Kestner Cinémathèque

In our Kestner Cinémathèque, as part of our educational programme, we show various short films that have been selected by the artists and curators as referential accompaniment to the exhibitions.

Cinema at kestner Gesellchaft with film program to the El Lissitzky exhibition

1. El Lissitzky: Russischer Künstler der 1920er Jahre (Avantgardist, Konstruktivist), Leo Lorenz, (Reg./Dir.), Deutschland, 1991, 39:40 min

This film is a portrait of the Russian artist El Lissitzky (1890-1941). El Lissitzky was an important Russian avant-garde artist who made a significant theoretical and practical contribution to the realisation and dissemination of constructivist ideas through a wide range of activities in the fields of painting, architecture, graphic design, typography and photography.

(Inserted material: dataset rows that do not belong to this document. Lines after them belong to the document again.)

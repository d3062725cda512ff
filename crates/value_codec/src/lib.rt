//! Messages as bytes: the one frame of each message in either layout, the first rule that bytes break which
//! are not a
//! frame, and the laws of frames, for every schema and every list of bytes (docs/frames.md).
#![tactic(auto)]

mod decoding;
mod encoding;
mod fault;
mod header;
mod laws;
mod parts;
mod payload;
mod reading;
mod values;
mod writing;

pub use decoding::{DecodeResult, decode, decode_old};
pub use encoding::{EncodeFault, encode, frame_size, new_frame};
pub use laws::{
    frames_are_read_again, frames_have_one_spelling, frames_look_at_no_box,
    old_frames_have_new_ones, one_of_three_begins,
};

2. El Lissitzky: A Film of the Life, Alexandra Arkhipova (Reg./Dir.), Russland, 2013, 43 min

This documentary portrait of the artist El Lissitzky was directed by Alexandra Arkhipova. With an auditory accompaniment to the images, Arkhipova and Dr Alexander Kantsedikas give us detailed information about the life and work of El Lissitzky. The film was supported by Sergei Lissitzky and Tamara Lissitzky, through the provision of material. El Lissitzky was the Russian avant-garde’s unofficial emissary to the West, travelling and lecturing extensively on behalf of Russia’s modern artists who believed that abstraction was a harbinger of utopian social values.

3. Walter Ruttmann: Lichtspiel Opus, 1921, 11:38 min

Walter Ruttmann (1887-1941) was a German cinematographer, film director and, along with Hans Richter, the most important representative of German abstract experimental film. Ruttmann's "Opus 1", which premiered in 1921, is the first abstract work in film history. It contains no images of reality, but consists only of colours and forms, as Ruttmann had already formulated in his manifesto for a "painting with time". The long-lost film "Opus 1" was followed by three other purely abstract films that are just as elaborately coloured by hand.

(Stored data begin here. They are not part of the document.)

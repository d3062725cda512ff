//! Decodes frames.
ghost use Rattle.std.specs.Prelude.{◌≡◌, ℕ, ◌≤◌, List, length, take};
ghost use Rattle.ipdl_base.specs.declared.message.Message.{Message};
ghost use Rattle.ipdl_base.specs.Plain.{plain_body};
ghost use Rattle.ipdl_base.specs.Sound.{IsSound};
ghost use Rattle.value_types.specs.declared.layout.TheConstants.{NEW, OLD};
ghost use Rattle.value_codec.specs.Decoding as decoding;
ghost use Rattle.value_codec.specs.Decoding.{begins, with_contents, whole_size, Yields, IsTrueOf, HasFitting, FrameBegins, IsFrame, IsShort, IsShortBy, FrameFault, IsBadAt};
ghost use Rattle.value_codec.specs.Frames as frames;
ghost use Rattle.value_codec.specs.Reading.{Gives};

use crate::fault::{Fault, Refusal};
use crate::header::{Header, following, frame_type, header_fault, header_of, header_size};
use crate::payload;
use ipdl_base::{Body, Message, Schema};
use std::alloc::Global;
use value_types::{Layout, NEW, OLD};

/// What bytes begin with.
#[derive(Drop)]
pub enum DecodeResult {
    /// A message, and the number of bytes of its frame.
    Frame(Message, usize),
    /// Less than a frame. The number is how many bytes are missing from the header or, if the header is
    /// complete, from the frame.
    Short(usize),
    /// No frame: the offset and the number of the first rule on frames (`Rule`) that is broken.
    Bad(usize, u8),
    /// Memory ran out.
    NoMemory,
}

/// Returns the message of a frame with this header and this body.
fn message_from(header: &Header, made: i32, body: Body) -> Message
    ensures { result ≡ decoding.message_from header.now made body }
{
    Message {
        route: header.route,
        number: header.number,
        seq: header.seq,
        transaction: header.transaction,
        made,
        body,
    }
}

/// Reads the payload of a complete frame whose header breaks no rule.
fn contents(
    alloc: Global,
    layout: Layout,
    schema: &Schema,
    header: &Header,
    payload: &[u8],
) -> Result<(i32, Body), Refusal>
    requires { IsSound schema.now }
    ensures { Gives (λ x. (x.0, plain_body x.1)) result
        (decoding.contents_of_type layout schema.now header.now
        (frames.type_of schema.now header.now.number) payload.now) }
{
    match frame_type(schema, header.number) {
        None => Err(Refusal::Broken(Fault { rule: 0, left: 0 })),
        Some(frame_type) => {
            payload::contents(alloc, layout, schema, &frame_type, header.flags, payload)
        }
    }
}

/// Decodes a complete frame of `size` bytes.
fn whole(
    alloc: Global,
    layout: Layout,
    schema: &Schema,
    header: &Header,
    size: usize,
    payload: &[u8],
) -> DecodeResult
    requires sound { IsSound schema.now }
    requires size { size ≡ whole_size layout header.now }
    ensures { Yields result (with_contents layout header.now
        (decoding.contents_of_type layout schema.now header.now
        (frames.type_of schema.now header.now.number) payload.now)) }
{
    match contents(alloc, layout, schema, header, payload) {
        Ok((made, body)) => DecodeResult::Frame(message_from(header, made, body), size),
        Err(Refusal::Broken(fault)) => DecodeResult::Bad(
            size.saturating_sub(fault.left),
            fault.rule,
        ),
        Err(Refusal::NoMemory) => DecodeResult::NoMemory,
    }
}

/// Returns the payload that follows a header.
fn payload_in<'b>(layout: Layout, header: &Header, bytes: &'b [u8]) -> &'b [u8]
    requires { whole_size layout header.now ≤ length bytes.now }
    ensures { result.now ≡ decoding.payload_in layout header.now bytes.now }
{
    let (payload, _) = following(header_size(layout), bytes).split_at(header.size as usize);
    payload
}

/// Decodes bytes with a header that breaks no rule.
fn after_header(
    alloc: Global,
    layout: Layout,
    schema: &Schema,
    header: &Header,
    bytes: &[u8],
) -> DecodeResult
    requires sound { IsSound schema.now }
    ensures { Yields result (decoding.after_sound_header layout schema.now header.now bytes.now) }
{
    let size = header_size(layout) + header.size as usize;
    if bytes.len() < size {
        return DecodeResult::Short(size - bytes.len());
    }
    whole(
        alloc,
        layout,
        schema,
        header,
        size,
        payload_in(layout, header, bytes),
    )
}

/// Decodes bytes with a complete header.
fn with_header(alloc: Global, layout: Layout, schema: &Schema, bytes: &[u8]) -> DecodeResult
    requires sound { IsSound schema.now }
    requires whole { frames.header_size layout ≤ length bytes.now }
    ensures { Yields result (decoding.after_header layout schema.now bytes.now (frames.header_fault layout schema.now bytes.now)) }
{
    let header = header_of(layout, bytes);
    match header_fault(layout, schema, &header, bytes) {
        Some((offset, rule)) => DecodeResult::Bad(offset, rule),
        None => after_header(alloc, layout, schema, &header, bytes),
    }
}

/// Decodes bytes in a layout.
#[tactic(auto, unfolding(crate::specs::Decoding::begins))]
fn begun(alloc: Global, layout: Layout, schema: &Schema, bytes: &[u8]) -> DecodeResult
    requires { IsSound schema.now }
    ensures { Yields result (begins layout schema.now bytes.now) }
{
    let front = header_size(layout);
    if bytes.len() < front {
        return DecodeResult::Short(front - bytes.len());
    }
    with_header(alloc, layout, schema, bytes)
}

/// Decodes the frame in the new layout that the bytes begin with (docs/frames.md). Bytes may follow the
/// frame.
pub fn decode(alloc: Global, schema: &Schema, bytes: &[u8]) -> DecodeResult
    requires { IsSound schema.now }
    // The result is true of the bytes, and no other message has its frame there.
    ensures told { IsTrueOf NEW schema.now bytes.now result }
    ensures fits { HasFitting schema.now result }
    ensures frame { (message : Message) (n : ℕ) → FrameBegins NEW schema.now bytes.now message n → IsFrame result message n }
    ensures short { (n : ℕ) → IsShort NEW schema.now bytes.now n → IsShortBy result n }
    ensures bad { (offset rule : ℕ) → FrameFault NEW schema.now bytes.now offset rule → IsBadAt result offset rule }
    ensures exact { Yields result (begins NEW schema.now bytes.now) }
{
    begun(alloc, NEW, schema, bytes)
}

/// Decodes the frame in the old layout that the bytes begin with (docs/frames.md). Bytes may follow the
/// frame.
pub fn decode_old(alloc: Global, schema: &Schema, bytes: &[u8]) -> DecodeResult
    requires { IsSound schema.now }
    // The result is true of the bytes, and no other message has its frame there.
    ensures told { IsTrueOf OLD schema.now bytes.now result }
    ensures fits { HasFitting schema.now result }
    ensures frame { (message : Message) (n : ℕ) → FrameBegins OLD schema.now bytes.now message n → IsFrame result message n }
    ensures short { (n : ℕ) → IsShort OLD schema.now bytes.now n → IsShortBy result n }
    ensures bad { (offset rule : ℕ) → FrameFault OLD schema.now bytes.now offset rule → IsBadAt result offset rule }
    ensures exact { Yields result (begins OLD schema.now bytes.now) }
{
    begun(alloc, OLD, schema, bytes)
}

4. Hans Richter: Rhythmus 23, Deutschland, 1923, 3:23 min

Hans Richter's "key film of modernism" shows pure visual "art of movement": a "ballet" of black, white and few grey geometric surfaces "in a uniform rhythm running through the whole picture" inspired by the theory of musical counterpoint. Hans Richter (1888-1976) joined the Constructivists in 1922 and is one of the most important representatives of early abstract film in Germany.

5. Ludwig Hirschfeld-Mack: Farbenlichtspiele, Deutschland, 1923, 15:54min

“Farbenlichtspiele" by German painter and “color-light musician” Ludwig Hirschfeld-Mack (1893-1965) is not a film in the conventional sense. By means of a mechanically operated light show box, abstract shapes in bright colours were projected live onto a screen for the audience. The box was equipped with six spotlights with exchangeable colour filters, switches to control the light intensity and stencils in geometric patterns. Three operators were needed, one to coordinate the music, another to project the light and the third to move the stencils.

6. Viking Eggeling: Symphonie Diagonale, Deutschland, 1924, 7min

“Symphonie diagonale” is the French title of the silent German experimental film Diagonal Symphony, completed by Swedish-born painter and filmmaker Viking Eggeling (1880-1925) in Berlin in 1924. At the beginning, you see a tilting figure, consisting mostly of right angles, gradually growing larger. Then short straight lines and curves are added, sprouting from the existing design. The figure disappears and the process begins again with a new pattern. Each cycle lasts about a second or two. All the figures are drawn in an uncertain art deco style and are reminiscent of all sorts of things: they could be an ear, a harp, panpipes, a grand piano with trombones, etc., only highly abstracted. The mood is playful and has something hypnotic. With his film “Symphonie diagonal”, Eggeling had a lasting influence on the art world of the 1920s—and especially on the Constructivist László Moholy-Nagy.

7. Fernand Léger: Ballet Mécanique, Frankreich, 1924, 16min

"Ballet Mécanique" by Fernand Léger (1881-1955) develops its logic from the communication between the natural and the artificial, between man and machine. Automated motors, repeating circles and triangles as well as lifeless prosthetic legs begin to dance. The film is also innovative in terms of the medium's self-reflection, for example when Léger and filmmaker Dudley Murphy can be spotted with their camera as a reflection in a sphere: distracted from what has happened, the illusion is revealed. All this distinguishes "Ballet Mécanique" as an important and influential work of the European avant-garde of the 1920s.